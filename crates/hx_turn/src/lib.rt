//! A lock whose callers take turns in the order of their tickets, over one history.
//!
//! The lock has one slot, in which the value lies while nobody has it. A caller comes with a *pass*, waits in no order until others are out or its patience ends, draws a *ticket*, and waits until the lock serves that ticket. Then it is *inside*: it has the value out of the slot, and has seen the whole *history*, the list of what all callers did before it. It puts the value back with one entry more behind that history, under the number of its pass, and the next ticket is served.
//!
//! A pass has no bytes. It is what a proof knows of a caller: what it has seen, and which entries are its own (`View`). The first pass comes with the lock, and other passes are split off it, one for each thread; it has a *right* for each pass that may still be split off, and one of its own. It joins them again, and closes the lock when it has all rights back.
//!
//! What an entry is, and what it means that a value stands for a history, is said by the type of the value (`Stands`).
#![tactic(auto)]

mod bells;
mod turn;
mod turnstile;
mod view;

pub use turn::{Entry, Pass, Patience, Stands, Turn, Turns};
pub use view::View;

+---+

→ **About this task**: Every line that contains the string "Stands" should be copied from the records.

→ **Completed task**:
//! What an entry is, and what it means that a value stands for a history, is said by the type of the value (`Stands`).
pub use turn::{Entry, Pass, Patience, Stands, Turn, Turns};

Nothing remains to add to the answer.